Employers and workers are asking Ottawa to partially reimburse the debt of the employment insurance program.

With EI premiums set to rise in the new year, employers and workers are calling on the federal government to step in and relieve the program of the massive debt load it has sunk into since the COVID pandemic. -19.

The program, which is funded entirely by premiums paid by workers and employers, had accumulated $25.9 billion in debt by the end of 2021, according to the Office of the Chief Actuary (OCA).

A staggering number of Canadians have been unemployed during the pandemic and eligibility rules for the program have been relaxed to make it easier to access benefits. But since then, the labor market has rebounded and temporary changes to the employment insurance program have been reversed.

“The current deficit arose because of the pandemic, and it is no employee’s fault and it is no employer’s fault,” said Jasmin Guénette, vice-president of national affairs at the Canadian Federation. of Independent Business (CFIB).

After a two-year freeze, EI premiums are set to increase by $0.05 per $100 of income in 2023, the maximum increase allowed in one year by law. However, the increase is less than what the Office of the Chief Actuary has recommended for the program to break even by 2029.

Nancy Healey, the employers’ representative on the Canadian Employment Insurance Commission, assures that “businesses (and) workers are concerned about the amount of debt that is currently in the employment insurance account”.

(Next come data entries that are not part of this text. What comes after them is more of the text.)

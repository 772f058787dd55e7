//! What the debugger does for a command.

ghost use Rattle.std.specs.Prelude.{OnOk};
ghost use Rattle.record_following.specs.RecordCursor.{IsMomentAt};

use crate::code::write_code;
use crate::command::{Address, DebugCommand, Sought, write_help};
use crate::fault::DebugFault;
use crate::lines::{add_line, write_no_code};
use crate::showing::{
    write_events, write_hosts, write_links, write_look, write_memory, write_place, write_queue,
    write_registers, write_said, write_switch,
};
use crate::talking::FoundProgram;
use crate::tracing::{concerns, write_next_move, write_next_step};
use crate::until::{Goal, seek, seek_back};
use crate::variables::{memory_found, variable_address, write_variables};
use crate::waiting::write_waits;
use bootstrap::Node;
use domain_core::{Event, NoMemory};
use lab_timeline::Timeline;
use node_causes::explain_moment;
use node_trace::{Program, ProgramLine, write_stopped};
use record_following::{FollowFault, RecordedLine, WhyFault};
use script_text::TextWriter;
use std::alloc::Global;
use step_meter::StepMeter;

/// The most events that one command shows.
const MOST_TRACED: u64 = 100_000;

/// The program of a node.
#[derive(Drop)]
struct NodeProgram {
    node: u8,
    program: Program,
}

/// A record at one of its moments, and the programs of its nodes.
pub struct Debugger<'a> {
    alloc: Global,
    timeline: Timeline<'a>,
    programs: Vec<NodeProgram>,
}

// Dropped by hand, since a derived `Drop` makes callers prove the drop of each field.
impl Drop for Debugger<'_> {
    fn drop(self) {
        let Debugger {
            alloc: _,
            timeline: _,
            programs: _,
        } = self;
    }
}

/// Where it is looked.
#[derive(Clone, Copy)]
enum Direction {
    On,
    Back,
}
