//! Instructions on a node of their own, as a row of the handbook has them.

use crate::changes::write_changes;
use crate::performing::{open_running, or_dash, push_stepped};
use crate::settings::{Flag, NodeSettings, Setting};
use crate::snapshot::Snapshot;
use bootstrap::{Node, Stepped};
use script_text::TextWriter;
use std::alloc::{AllocError, Global};

/// Does the instructions of a line on a fresh node, and writes what they changed. They are done once more with HaltOnError
/// set: if that halts by fault 3 a line `halts` follows, and if it differs otherwise a line says how.
pub fn write_trial(
    alloc: Global,
    settings: &NodeSettings,
    text: &mut TextWriter,
) -> Result<(), AllocError> {
    let first = outcome(alloc, settings, false)?;
    text.push(first.as_str());
    if sets_halt_on_error(settings) {
        return Ok(());
    }
    let second = outcome(alloc, settings, true)?;
    write_second(text, first.as_str(), second.as_str());
    Ok(())
}

// Whether a line sets HaltOnError itself.
fn sets_halt_on_error(settings: &NodeSettings) -> bool {
    for setting in &settings.settings {
        if let Setting::Flag(Flag::HaltOnError, true) = setting {
            return true;
        }
    }
    false
}

// Writes what came with HaltOnError set, if it isn't what came first.
fn write_second(text: &mut TextWriter, first: &str, second: &str) {
    if second == "fault 3" {
        text.push("\nhalts");
    } else if second != first {
        text.push("\nwith HaltOnError ");
        text.push(second);
    }
}

// What the instructions come to, with HaltOnError set first if that is asked for.
fn outcome(alloc: Global, settings: &NodeSettings, halts: bool) -> Result<String, AllocError> {
    let mut text = TextWriter::new(alloc);
    write_outcome(&mut text, open_running(alloc, 4096)?, settings, halts)?;
    or_dash(alloc, text.finish()?.as_str())
}

fn write_outcome(
    text: &mut TextWriter,
    node: Node,
    settings: &NodeSettings,
    halts: bool,
) -> Result<(), AllocError> {
    let (node, stored) = settings.put(node);
    if let Some(Err(fault)) = stored {
        push_stepped(text, Stepped::Fault(fault));
        return Ok(());
    }
    let mut node = if halts { halting(node) } else { node };
    write_code_done(text, &mut node, settings.code.as_slice())
}

// Does a Step for each byte of code, to one that doesn't run, and writes what they changed.
fn write_code_done(text: &mut TextWriter, node: &mut Node, code: &[u8]) -> Result<(), AllocError> {
    let before = Snapshot::of(node)?;
    let mut bytes = 0u32;
    for _ in code {
        let stepped = node.step();
        if stepped != Stepped::Ran {
            push_stepped(text, stepped);
            break;
        }
        bytes = bytes.saturating_add(1);
    }
    write_changes(text, &before, node, bytes);
    Ok(())
}

// The node with HaltOnError set.
fn halting(node: Node) -> Node {
    match node.registers() {
        Some(mut registers) => {
            registers.halt_on_error = true;
            let (memory, links) = node.into_parts();
            Node::running(memory, links, registers)
        }
        None => node,
    }
}
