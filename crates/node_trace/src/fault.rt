//! Why the lines of a text aren't answered.

use lab_words::{NumberedLineFault, WrongLine};
use std::alloc::AllocError;
use step_meter::OutOfSteps;
use thiserror::Error;

/// Why the lines of a text aren't answered.
#[derive(Clone, Copy, Debug, Error)]
pub enum TraceFault {
    /// A line is wrong. None was done.
    #[error("{0}")]
    Line(WrongLine),
    /// As many Steps were done as may be, and a line asks for more.
    #[error("{0}")]
    Steps(OutOfSteps),
    #[error("memory")]
    Memory(#[from(alloc)] AllocError),
}

impl From<NumberedLineFault> for TraceFault {
    fn from(fault: NumberedLineFault) -> TraceFault {
        match fault {
            NumberedLineFault::Wrong(wrong) => TraceFault::Line(wrong),
            NumberedLineFault::Memory(error) => TraceFault::Memory(error),
        }
    }
}

impl From<OutOfSteps> for TraceFault {
    fn from(end: OutOfSteps) -> TraceFault {
        TraceFault::Steps(end)
    }
}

The EI system is overseen by a commission that regularly reviews issues and the appeals system and its funding. Commissioners make the voices of workers and businesses heard, often consult their constituents and raise their concerns with permanent civil servants.

The workers’ representative on the commission, Pierre Laliberté, reports that the federal government has not indicated whether it intends to reimburse part of the debt. “Everyone was surprised that at the budget level there was no compensation or partial compensation for the costs incurred during the pandemic. »

Asked if the federal government is expected to repay some of the debt, a spokeswoman for Jobs Minister Carla Qualtrough said in a statement: “These debts are settled on many years, the premium rates being determined on the basis of seven years of profitability forecasts. »

“With the $0.05 increase, the rate will drop to $1.63 in 2023, which remains one of the lowest rates in Canadian history,” said Jane Deeks, Director of Communications of the minister.

In 2021, the Liberals campaigned on a promise to modernize EI and pledged to expand the program to cover the self-employed and close gaps, including those highlighted by COVID-19.

Miles Corak, an economics professor at the City University of New York and a longtime EI researcher, said reform should include changes to how the program is funded.

In a memo released by the CD Howe Institute earlier this week, Corak argued for tripartite funding for the program, to which employers, workers and government contribute. In his view, workers and employers should not be burdened by unexpected economic shocks like the pandemic that cause a spike in involuntary unemployment.

“Sometimes workers are ready to work, are in the right place and have the skills needed, but the jobs just aren’t available,” Miles Corak wrote in the memo to Minister Qualtrough.

It suggests that the federal government cover increased program costs caused by unexpected economic shocks. At the same time, it should collect any surpluses accumulated during periods of low unemployment.

Although the Liberals did not give a timetable for the implementation of the reform, they should present their plan by the end of the year.

The idea of ​​having the government contribute to the program is not new. Before the 1990s, employment insurance was financed by contributions from workers, employers and the federal government.

Unifor union president Lana Payne wants federal contributions reinstated “to alleviate the program’s accumulated deficit and support long-term program improvements for workers.”

However, Jennifer Robson, an associate professor of political management at Carleton University in Ottawa, would be surprised if there was much enthusiasm from the federal government to contribute financially. “My impression is that the current state of mind of the Ministry of Finance is much more one of budgetary restraint”.